The Honorable Judith M. Billings, Senior Judge, sat by special assignment as authorized by law. See generally Utah R. Jud. Admin. 11-201(6).
Although the district court found that Fadel left the mediation prior to its conclusion, the parties dispute the circumstances leading to Fadel not being present for the entire mediation. We conclude that the precise circumstances are not pertinent to the issues presented on appeal.
The thrust of this motion was to ask the court to preclude Deseret First from pursuing the claim for contractual attorney fees that it had included in its complaint, an issue apparently mooted by the Settlement Agreement. But the merits of the motion are not at issue here; rather, its significance lies in the fact that Fadel filed it after having been replaced as counsel for the Trust.
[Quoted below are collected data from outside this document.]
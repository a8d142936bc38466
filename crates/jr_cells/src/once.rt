//! Cells that are set once, whatever they hold, and the notes that a thread takes of them.

ghost use Rattle.std.specs.Prelude.{◌≡◌, ◌<◌, map, length, replicate, None, IfOk, IfErr, IfSome, IfNone};
ghost use Rattle.once_cell.specs.Once.{cell_name};
ghost use Rattle.jr_cells.specs.Notes.{names_of, known_of, KnowAt, KnowNothingAt, KeepAll, KeepOthers, NotesAgree};

use jr_base::Memory;
use once_cell::race::{Note, OnceBox};
use std::alloc::Global;

/// Returns `count` empty cells.
pub(crate) fn empty_cells<T: Drop>(alloc: Global, count: u32) -> Result<Vec<OnceBox<T>>, Memory>
    ensures { IfOk result (λ v. length v.items ≡ count) }
{
    let mut cells = Vec::with_capacity(alloc, count as usize)?;
    for _ in 0..count {
        cells.push(OnceBox::new(alloc))?;
    }
    Ok(cells)
}

/// Notes of these cells that know nothing.
pub(crate) fn fresh_notes<T: Drop>(
    alloc: Global,
    cells: &[OnceBox<T>],
) -> Result<Vec<Note<T>>, Memory>
    ensures cells { IfOk result (λ v. names_of v.items ≡ map cell_name cells.now) }
    ensures nothing { IfOk result (λ v. known_of v.items ≡ replicate (length cells.now) None) }
{
    let mut notes = Vec::with_capacity(alloc, cells.len())?;
    for cell in cells {
        notes.push(cell.note())?;
    }
    Ok(notes)
}

/// Sets the cell at an index. On `Err` the cell is full or allocation failed, and the value is returned.
pub(crate) fn set_cell<T: Drop>(
    alloc: Global,
    cells: &[OnceBox<T>],
    at: usize,
    value: T,
    notes: &mut Vec<Note<T>>,
) -> Result<(), T>
    requires cell { at < length cells.now }
    requires notes { names_of notes.old.items ≡ map cell_name cells.now }
    ensures cells { names_of notes.new.items ≡ names_of notes.old.items }
    ensures later { KeepAll notes.old.items notes.new.items }
    ensures ok { IfOk result (λ _. KnowAt notes.new.items at value) }
    ensures err { IfErr result (λ back. back ≡ value) }
{
    let boxed = match Box::new(alloc, value) {
        Ok(boxed) => boxed,
        Err(refused) => return Err(refused.value),
    };
    match cells[at].set_as(boxed, &mut notes[at]) {
        Ok(()) => Ok(()),
        Err(back) => Err(Box::into_inner(back)),
    }
}

/// Returns what a cell holds, or `None` while it is empty.
pub(crate) fn get_cell<'a, T: Drop>(
    cells: &'a [OnceBox<T>],
    at: usize,
    notes: &mut Vec<Note<T>>,
) -> Option<&'a T>
    requires cell { at < length cells.now }
    requires notes { names_of notes.old.items ≡ map cell_name cells.now }
    ensures cells { names_of notes.new.items ≡ names_of notes.old.items }
    ensures later { KeepAll notes.old.items notes.new.items }
    ensures others { KeepOthers at notes.old.items notes.new.items }
    ensures some { IfSome result (λ x. KnowAt notes.new.items at x.now) }
    ensures none { IfNone result ((known_of notes.new.items ≡ known_of notes.old.items) × KnowNothingAt notes.old.items at) }
{
    cells[at].get_as(&mut notes[at])
}

/// Notes of the same cells agree on what both know. Neither are changed.
pub(crate) fn compare_notes<T: Drop>(one: &mut Vec<Note<T>>, two: &mut Vec<Note<T>>)
    requires { names_of one.old.items ≡ names_of two.old.items }
    ensures same { (one.new.items ≡ one.old.items) × (two.new.items ≡ two.old.items) }
    ensures agree { NotesAgree one.old.items two.old.items }
{
    for i in 0..one.len() {
        let other = two[i].again();
        one[i].compare(other);
    }
}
Sometime after the First Ruling, Fadel had filed an appeal from the district court's dismissal of the Deseret First-Trust litigation. We dismissed Fadel's appeal in mid-May 2012 on two grounds: (1) because he had been replaced as counsel, Fadel had "no right to file a notice of appeal on behalf of [the Trust]," and thus, the court had no jurisdiction to consider the propriety of the dismissal; and (2) no final, appealable order relating to Fadel himself had yet been entered because "[a] motion for sanctions against Fadel is currently pending in the district court." Deseret First Fed. Credit Union v. Parkin, 2012 UT App 140, ¶¶ 2-4, 278 P.3d 630 (per curiam).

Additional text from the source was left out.